### Task item:
Please return the lines below verbatim, beginning at the one that has "length tables.now ≤" and stopping after the one that has "for place in", and add no other lines.

### Material provided:
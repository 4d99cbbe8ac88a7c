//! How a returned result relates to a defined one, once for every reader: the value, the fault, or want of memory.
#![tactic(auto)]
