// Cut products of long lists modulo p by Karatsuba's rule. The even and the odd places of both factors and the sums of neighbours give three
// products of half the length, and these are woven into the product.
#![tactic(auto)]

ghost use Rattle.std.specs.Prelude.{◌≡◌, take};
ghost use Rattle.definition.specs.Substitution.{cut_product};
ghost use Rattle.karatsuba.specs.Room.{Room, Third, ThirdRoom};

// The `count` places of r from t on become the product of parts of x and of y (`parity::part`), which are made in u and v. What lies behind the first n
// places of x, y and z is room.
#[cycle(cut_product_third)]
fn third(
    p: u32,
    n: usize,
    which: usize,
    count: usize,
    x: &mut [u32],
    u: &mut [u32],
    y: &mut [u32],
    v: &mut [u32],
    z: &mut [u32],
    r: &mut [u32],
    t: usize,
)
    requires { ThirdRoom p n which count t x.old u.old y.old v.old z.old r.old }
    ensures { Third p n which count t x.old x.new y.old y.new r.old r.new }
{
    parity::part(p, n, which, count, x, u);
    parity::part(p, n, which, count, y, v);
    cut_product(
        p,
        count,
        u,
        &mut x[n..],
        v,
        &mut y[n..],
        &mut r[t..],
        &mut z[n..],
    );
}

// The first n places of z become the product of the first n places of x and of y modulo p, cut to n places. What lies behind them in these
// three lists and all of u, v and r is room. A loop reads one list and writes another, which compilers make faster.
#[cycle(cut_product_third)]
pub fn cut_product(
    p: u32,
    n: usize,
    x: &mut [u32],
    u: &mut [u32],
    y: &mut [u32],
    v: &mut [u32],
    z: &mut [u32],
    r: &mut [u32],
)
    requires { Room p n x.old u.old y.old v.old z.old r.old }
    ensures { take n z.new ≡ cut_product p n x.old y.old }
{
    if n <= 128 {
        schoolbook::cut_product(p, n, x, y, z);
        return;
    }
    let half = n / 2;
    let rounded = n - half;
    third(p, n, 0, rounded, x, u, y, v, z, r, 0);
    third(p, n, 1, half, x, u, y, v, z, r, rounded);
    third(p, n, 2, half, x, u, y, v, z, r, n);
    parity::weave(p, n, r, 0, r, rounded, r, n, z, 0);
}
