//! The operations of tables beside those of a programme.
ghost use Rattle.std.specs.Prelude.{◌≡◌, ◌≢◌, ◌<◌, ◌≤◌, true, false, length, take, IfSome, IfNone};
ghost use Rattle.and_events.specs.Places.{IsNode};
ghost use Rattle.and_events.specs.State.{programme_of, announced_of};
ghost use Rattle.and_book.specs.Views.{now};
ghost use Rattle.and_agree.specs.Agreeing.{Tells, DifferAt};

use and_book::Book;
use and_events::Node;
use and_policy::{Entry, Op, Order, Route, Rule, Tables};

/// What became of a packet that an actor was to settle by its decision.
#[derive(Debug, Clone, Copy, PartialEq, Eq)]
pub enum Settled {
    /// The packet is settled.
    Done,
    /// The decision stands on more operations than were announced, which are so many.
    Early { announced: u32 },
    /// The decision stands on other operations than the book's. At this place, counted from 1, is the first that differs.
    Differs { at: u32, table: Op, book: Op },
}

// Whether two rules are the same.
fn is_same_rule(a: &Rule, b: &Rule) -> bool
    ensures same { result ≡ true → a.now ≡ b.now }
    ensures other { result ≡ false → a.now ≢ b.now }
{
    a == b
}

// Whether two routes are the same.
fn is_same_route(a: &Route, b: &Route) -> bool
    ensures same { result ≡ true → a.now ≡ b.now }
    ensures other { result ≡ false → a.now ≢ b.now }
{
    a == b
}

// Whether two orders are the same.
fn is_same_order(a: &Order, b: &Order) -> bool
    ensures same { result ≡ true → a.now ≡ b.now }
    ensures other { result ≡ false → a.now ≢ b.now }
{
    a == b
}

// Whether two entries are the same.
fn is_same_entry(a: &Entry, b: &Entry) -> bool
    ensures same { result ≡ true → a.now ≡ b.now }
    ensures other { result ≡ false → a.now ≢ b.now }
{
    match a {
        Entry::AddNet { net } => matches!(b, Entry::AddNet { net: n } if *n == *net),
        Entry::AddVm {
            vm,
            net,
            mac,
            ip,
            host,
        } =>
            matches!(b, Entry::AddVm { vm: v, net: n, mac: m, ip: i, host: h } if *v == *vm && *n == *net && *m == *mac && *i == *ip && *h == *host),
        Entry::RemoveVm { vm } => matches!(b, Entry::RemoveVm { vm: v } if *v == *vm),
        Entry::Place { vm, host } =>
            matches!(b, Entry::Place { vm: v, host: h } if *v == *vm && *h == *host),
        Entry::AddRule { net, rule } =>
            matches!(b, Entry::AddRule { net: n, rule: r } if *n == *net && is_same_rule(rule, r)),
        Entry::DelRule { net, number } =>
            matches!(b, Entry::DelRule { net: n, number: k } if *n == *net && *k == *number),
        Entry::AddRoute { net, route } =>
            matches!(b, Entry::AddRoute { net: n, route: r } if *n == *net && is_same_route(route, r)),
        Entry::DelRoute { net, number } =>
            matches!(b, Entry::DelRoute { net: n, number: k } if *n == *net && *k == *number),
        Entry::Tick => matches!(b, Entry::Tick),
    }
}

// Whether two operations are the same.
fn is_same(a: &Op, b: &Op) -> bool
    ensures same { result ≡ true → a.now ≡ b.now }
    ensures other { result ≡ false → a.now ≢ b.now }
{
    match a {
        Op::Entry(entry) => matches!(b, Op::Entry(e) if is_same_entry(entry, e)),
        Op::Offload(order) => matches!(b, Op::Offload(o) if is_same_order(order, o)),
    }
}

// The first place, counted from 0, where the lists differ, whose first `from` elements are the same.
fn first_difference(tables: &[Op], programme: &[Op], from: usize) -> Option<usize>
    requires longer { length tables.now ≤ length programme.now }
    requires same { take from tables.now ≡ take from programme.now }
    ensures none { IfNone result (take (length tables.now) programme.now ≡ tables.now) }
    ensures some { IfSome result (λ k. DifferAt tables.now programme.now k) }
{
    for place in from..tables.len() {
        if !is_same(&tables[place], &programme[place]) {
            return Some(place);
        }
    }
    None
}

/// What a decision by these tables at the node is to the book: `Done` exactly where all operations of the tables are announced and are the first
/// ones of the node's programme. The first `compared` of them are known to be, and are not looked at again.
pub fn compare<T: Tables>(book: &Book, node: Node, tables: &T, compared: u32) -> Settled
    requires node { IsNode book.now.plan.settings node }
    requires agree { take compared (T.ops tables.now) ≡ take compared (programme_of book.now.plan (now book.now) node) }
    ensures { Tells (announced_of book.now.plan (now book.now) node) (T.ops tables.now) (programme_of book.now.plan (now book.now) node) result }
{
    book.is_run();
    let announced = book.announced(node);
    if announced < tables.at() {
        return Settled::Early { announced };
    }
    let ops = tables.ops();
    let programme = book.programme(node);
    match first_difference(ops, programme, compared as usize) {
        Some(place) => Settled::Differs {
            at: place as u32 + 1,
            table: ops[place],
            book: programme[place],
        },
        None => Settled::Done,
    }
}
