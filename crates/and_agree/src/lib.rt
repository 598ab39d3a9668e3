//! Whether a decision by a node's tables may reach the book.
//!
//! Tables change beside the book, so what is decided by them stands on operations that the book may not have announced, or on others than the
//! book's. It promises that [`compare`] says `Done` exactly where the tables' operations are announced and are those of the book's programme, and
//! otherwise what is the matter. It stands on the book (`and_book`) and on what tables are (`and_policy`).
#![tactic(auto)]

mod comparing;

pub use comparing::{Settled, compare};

### Answer for the task:
    requires longer { length tables.now ≤ length programme.now }
    requires same { take from tables.now ≡ take from programme.now }
    ensures none { IfNone result (take (length tables.now) programme.now ≡ tables.now) }
    ensures some { IfSome result (λ k. DifferAt tables.now programme.now k) }
{
    for place in from..tables.len() {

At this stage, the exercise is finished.